**What you have to do**
From the data below, set down exactly the lines between the one holding "const NO_FLAGS: Row" and the one holding "pub fn is_connected(self) -> bool", inclusive, and no others.

**Items from a dataset**
#####
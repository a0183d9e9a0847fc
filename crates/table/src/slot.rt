// One slot: its record, its physical state, and whether it is to be identified.
ghost use Rattle.std.specs.Prelude.{◌≡◌};
ghost use Rattle.enclosure.specs.Slots.{inserted};
ghost use Rattle.history.specs.Orders.{operated};
ghost use Rattle.history.specs.Outputs.{connected, slot_lamp};
ghost use Rattle.history.specs.Steps.{first_slot, sampled_slot, unconfigured};
ghost use Rattle.orders.specs.Decoded.{operation_as};
ghost use Rattle.table.specs.Rows.{replaced, slot_as};

use enclosure::record::SlotRecord;
use enclosure::record::rows::Row;
use enclosure::slots::{PhysicalState, SlotEvent};
use lamps::Lamp;
use orders::order::Operation;
use orders::triples::{is_flagged, to_store};

#[derive(Clone, Copy)]
pub struct Slot {
    pub row: Row,
    pub state: PhysicalState,
    pub identify: bool,
}

// The record without flags.
const NO_FLAGS: Row = Row {
    flags: 0x00,
    more: 0x00,
    last: 0x00,
};

// The record with Unconfigured set.
fn unconfigured(row: Row) -> Row
    ensures { result ≡ unconfigured row }
{
    Row {
        flags: row.flags | 0x80,
        ..row
    }
}

impl Slot {
    // A slot without a drive.
    pub(crate) const EMPTY: Slot = Slot {
        row: NO_FLAGS,
        state: PhysicalState::EmptyReady,
        identify: false,
    };

    // A slot at power-on, with a drive or without.
    pub fn first(present: bool) -> Slot
        ensures { slot_as result ≡ first_slot present }
    {
        if present {
            Slot {
                row: Row {
                    flags: 0x80,
                    ..NO_FLAGS
                },
                state: PhysicalState::InsertedPrepared,
                identify: false,
            }
        } else {
            Slot::EMPTY
        }
    }

    // Whether a drive is in it. It and `is_connected` ask for other states, one pattern each.
    pub fn is_inserted(self) -> bool
        ensures { result ≡ inserted self.state }
    {
        matches!(
            self.state,
            PhysicalState::InsertedReady | PhysicalState::InsertedPrepared
        )
    }

    // Whether it is connected to the bus.
    pub fn is_connected(self) -> bool
        ensures { result ≡ connected (slot_as self) }
    {
        matches!(
            self.state,
            PhysicalState::EmptyPrepared | PhysicalState::InsertedPrepared
        )
    }

    // The number of its lamp. It is no `Lamp`, since all outputs of a backplane are set by numbers.
    pub fn lamp(self) -> u8
        ensures { result ≡ slot_lamp (slot_as self) }
    {
        u8::from(Lamp::of(self.row, self.identify))
    }

    // The slot after an accepted frame that shows a drive in it or none.
    pub fn sampled(self, now: bool) -> Slot
        ensures { slot_as result ≡ sampled_slot (inserted self.state) «now» (slot_as self) }
    {
        match (self.is_inserted(), now) {
            (true, false) => Slot {
                state: self.state.after(SlotEvent::Removal),
                ..self
            },
            (false, true) => Slot {
                row: unconfigured(self.row),
                state: self.state.after(SlotEvent::Insertion),
                ..self
            },
            _ => self,
        }
    }

    // The slot after an operation.
    pub fn operated(self, operation: Operation) -> Slot
        ensures { slot_as result ≡ operated (operation_as operation) (slot_as self) }
    {
        match operation {
            Operation::Idle => self,
            Operation::Prepare => Slot {
                state: self.state.after(SlotEvent::Prepare),
                identify: false,
                ..self
            },
            Operation::Release => Slot {
                state: self.state.after(SlotEvent::Release),
                identify: false,
                ..self
            },
            Operation::Identify => Slot {
                identify: true,
                ..self
            },
        }
    }

    // The slot after a triple for it: one with a flag becomes the record. One that makes no record is passed over.
    pub fn replaced(self, triple: Row) -> Slot
        ensures { slot_as result ≡ replaced triple (slot_as self) }
    {
        if !is_flagged(triple) {
            return self;
        }
        match SlotRecord::try_from(to_store(triple)) {
            Ok(record) => Slot {
                row: Row::from(record),
                ..self
            },
            Err(_) => self,
        }
    }
}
#####
**Solved problem**
const NO_FLAGS: Row = Row {
    flags: 0x00,
    more: 0x00,
    last: 0x00,
};

// The record with Unconfigured set.
fn unconfigured(row: Row) -> Row
    ensures { result ≡ unconfigured row }
{
    Row {
        flags: row.flags | 0x80,
        ..row
    }
}

impl Slot {
    // A slot without a drive.
    pub(crate) const EMPTY: Slot = Slot {
        row: NO_FLAGS,
        state: PhysicalState::EmptyReady,
        identify: false,
    };

    // A slot at power-on, with a drive or without.
    pub fn first(present: bool) -> Slot
        ensures { slot_as result ≡ first_slot present }
    {
        if present {
            Slot {
                row: Row {
                    flags: 0x80,
                    ..NO_FLAGS
                },
                state: PhysicalState::InsertedPrepared,
                identify: false,
            }
        } else {
            Slot::EMPTY
        }
    }

    // Whether a drive is in it. It and `is_connected` ask for other states, one pattern each.
    pub fn is_inserted(self) -> bool
        ensures { result ≡ inserted self.state }
    {
        matches!(
            self.state,
            PhysicalState::InsertedReady | PhysicalState::InsertedPrepared
        )
    }

    // Whether it is connected to the bus.
    pub fn is_connected(self) -> bool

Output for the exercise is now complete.